# neoregelia concerns



## wriggles (Apr 5, 2014)

I'm new to these plants so I'm having a hard time telling if this stuff is a problem or not 
My N.Joao Marcio started getting these weird yellow blotches:








My N.Freckles had this black stuff on the leaves since I got it, It hasn't been spreading though.








My N.Chiquita Linda was mailed while flowering, and now it's just a pile of garbage in the center. Should I do anything to it or just leave it?








Any help would be appreciated.


----------



## PDFanatic (Mar 3, 2007)

Chiquita Linda is going to send out pups and the main plant is going to die soon. Shortly after bromeliads flower they die. Before they die they will send out "pups" or basically new plants. Sucks...whoever sent you that should either give you a new one or give you a partial refund IMO. The others look like nice plants.


----------



## rigel10 (Jun 1, 2012)

I agree. Here it is very common to get neos in this state, unfortunately. I advise you to put them in a place of the viv (preferably where there are no pums) where you can remove them without problems, once they die. Or do not put them right! I tear the flowers with a pair of pliers, so the neos last longer.


----------



## Frogtofall (Feb 16, 2006)

Flowered out bromeliads don't die instantly. There's no reason you can't get some use out of the plant. I would clean the old flowers out and just leave it be. As the pups mature, cut them off. You'll get more that way.

The first plant looks like it got burned. Possibly from being shipped in the heat wet. Bromeliads should be shipped dry.

The 2nd plant looks normal. I don't see anything wrong with it.


----------



## wriggles (Apr 5, 2014)

PDFanatic said:


> Chiquita Linda is going to send out pups and the main plant is going to die soon. Shortly after bromeliads flower they die. Before they die they will send out "pups" or basically new plants. Sucks...whoever sent you that should either give you a new one or give you a partial refund IMO. The others look like nice plants.


Yeah I was pretty sad to see a pile of dead flowers when I got it. I'm pretty excited to see what pupping is like though 


rigel10 said:


> I agree.
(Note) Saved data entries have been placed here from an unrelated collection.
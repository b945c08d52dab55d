use anyhow::{Error, Result};
use sample::hash::Fnv;

fn coords(extents: [usize; 4], sites: usize) -> Fnv {
    Fnv::over(sites, |n| lattice::coords(extents, n))
}

fn parities(extents: [usize; 4], sites: usize) -> Fnv {
    Fnv::over(sites, |n| lattice::parity(extents, n))
}

// Forward and backward along each direction.
fn neighbours(extents: [usize; 4], sites: usize) -> Fnv {
    Fnv::over(sites, |n| {
        [0, 1, 2, 3].map(|mu| (lattice::fwd(extents, n, mu), lattice::bwd(extents, n, mu)))
    })
}

// The lines on the sites alone, which need no links.
pub fn lines(rt: &impl Print, extents: [usize; 4]) -> Result<()> {
    let [t, x, y, z] = extents;
    println!(rt; "extents {t} {x} {y} {z}")?;
    let sites = lattice::n_sites(extents).map_err(Error::msg)?;
    println!(rt; "sites {sites}")?;
    println!(rt; "coords {}", coords(extents, sites))?;
    println!(rt; "parities {}", parities(extents, sites))?;
    println!(rt; "neighbours {}", neighbours(extents, sites))?;
    Ok(())
}
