// The first walk over a rulebook: whether all its lists are closed, and how many members each has.
#![tactic(auto)]

ghost use Rattle.std.specs.Prelude.{◌≡◌};
ghost use Rattle.sexp.specs.Steps.{step_answer};
ghost use Rattle.sexp.specs.Walk.{member_added, list_opened, stepped, area_stepped, ended_at, walk_answer, walked};

use lex::{Read, Reader, Token};
use outcomes::Refusal;

// The depth of the deepest items.
const DEEPEST: u32 = 256;

// The lists that are open stand from this word on: in lent words and no Vec, since a call takes no heap.
const OPEN_LISTS: usize = 8192;

// The innermost of n open lists stands at word BEFORE_OPEN + n.
const BEFORE_OPEN: usize = 8191;

// A text of more than 8,192 tokens has more than 8,192 bytes; one turn more finds the end.
const TURNS: u32 = 8193;

// How many lists were opened so far, and how many of them are open.
#[derive(Clone, Copy)]
pub struct Place {
    pub openings: u32,
    pub depth: u32,
}

// One member more of the innermost list that is open.
#[tactic(auto, using(crate::proofs::Paths::members), unfolding(crate::specs::Walk::counted))]
pub fn add_member(area: &mut [u32], depth: u32)
    ensures { area.new ≡ member_added depth area.old }
{
    if depth == 0 {
        return;
    }
    let list = words::at(area, BEFORE_OPEN + depth as usize);
    let count = words::at(area, list as usize);
    words::put(area, list as usize, count.wrapping_add(1));
}

// A list is a member of the one around it, has no member yet and is open.
#[tactic(auto, unfolding(crate::specs::Walk::list_opened))]
pub fn open_list(area: &mut [u32], place: Place)
    ensures { area.new ≡ list_opened place.openings place.depth area.old }
{
    let Place { openings, depth } = place;
    add_member(area, depth);
    words::put(area, openings as usize, 0);
    words::put(area, OPEN_LISTS + depth as usize, openings);
}

// "Asking for an item at depth 257 is refusal 4, before its token is taken." In a list a closing is looked for first.
#[tactic(auto, using(crate::proofs::Paths::steps), unfolding(crate::specs::Steps::step_answer))]
pub fn take(token: Token, area: &mut [u32], place: Place) -> Result<Place, Refusal>
    ensures step { step_answer result ≡ stepped token place }
    ensures area { area.new ≡ area_stepped token place area.old }
{
    let Place { openings, depth } = place;
    match token {
        Token::Closing => {
            if depth == 0 {
                return Err(Refusal::StrayClosing);
            }
            Ok(Place {
                openings,
                depth: depth - 1,
            })
        }
        Token::Opening => {
            if DEEPEST < depth {
                return Err(Refusal::Nesting);
            }
            open_list(area, place);
            Ok(Place {
                openings: openings.wrapping_add(1),
                depth: depth + 1,
            })
        }
        Token::Atom(_, _) => {
            if DEEPEST < depth {
                return Err(Refusal::Nesting);
            }
            add_member(area, depth);
            Ok(place)
        }
    }
}

// The end of the text: how many openings it has. In a list an item is asked for there: "then end of text is 5".
#[tactic(auto, using(crate::proofs::Paths::ends), unfolding(crate::specs::Walk::walk_answer))]
pub fn at_end(place: Place) -> Result<u32, Refusal>
    ensures { walk_answer result ≡ ended_at place }
{
    if place.depth == 0 {
        return Ok(place.openings);
    }
    if DEEPEST < place.depth {
        return Err(Refusal::Nesting);
    }
    Err(Refusal::TextEnds)
}

// Reads all of a text and answers how many openings it has. The count of members of each list is left in the order of the openings from
// word 0 on; the lists that are open stand from word 8,192 on.
#[tactic(auto, using(crate::proofs::Turns::turns), unfolding(crate::specs::Walk::walk_answer, crate::specs::Walk::walked, crate::specs::Steps::step_answer))]
pub fn count_members(text: &[u8], area: &mut [u32]) -> Result<u32, Refusal>
    ensures answer { walk_answer result ≡ (walked text.now area.old).answer }
    ensures area { area.new ≡ (walked text.now area.old).area }
{
    let mut reader = Reader::new();
    let mut place = Place {
        openings: 0,
        depth: 0,
    };
    for _ in 0..TURNS {
        match reader.token(text) {
            Read::Bad => return Err(Refusal::NotUtf8),
            Read::End => return at_end(place),
            Read::Got(token, next) => {
                place = take(token, area, place)?;
                reader = next;
            }
        }
    }
    // Out of turns: the laws show that this is never met.
    Err(Refusal::TextLong)
}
Here it is very common to get neos in this state, unfortunately. I advise you to put them in a place of the viv (preferably where there are no pums) where you can remove them without problems, once they die. Or do not put them right! I tear the flowers with a pair of pliers, so the neos last longer.


How far down should I go when pulling out the flower stems? I plucked the top goopy part off with tweezers and left the stalky bits in there when I got it.


Frogtofall said:


> Flowered out bromeliads don't die instantly. There's no reason you can't get some use out of the plant. I would clean the old flowers out and just leave it be. As the pups mature, cut them off. You'll get more that way.
> 
> The first plant looks like it got burned. Possibly from being shipped in the heat wet. Bromeliads should be shipped dry.
> 
> The 2nd plant looks normal. I don't see anything wrong with it.


I got the plants 3 weeks ago and I didn't see any burn marks, those just showed up a couple days ago out of nowhere  Does it take 3 weeks for a burn to show up?

Is this knob a pup just above the roots?









Thanks for the help guys =)


----------



## Frogtofall (Feb 16, 2006)

wriggles said:


> Yeah I was pretty sad to see a pile of dead flowers when I got it. I'm pretty excited to see what pupping is like though
> 
> How far down should I go when pulling out the flower stems? I plucked the top goopy part off with tweezers and left the stalky bits in there when I got it.
> 
> ...


Typically the burn marks are apparent right away. Maybe it burned in your care. If you have a bright window near by sometimes that will burn them especially if its afternoon sun.

Yes, that is a pup emerging from the base of the plant.


----------



## wriggles (Apr 5, 2014)

Frogtofall said:


> Typically the burn marks are apparent right away. Maybe it burned in your care. If you have a bright window near by sometimes that will burn them especially if its afternoon sun.
> 
> Yes, that is a pup emerging from the base of the plant.


It was my fault then. The temps were pretty hot here for a couple days and I was still experimenting with how high the light should be =( Trial and error I suppose.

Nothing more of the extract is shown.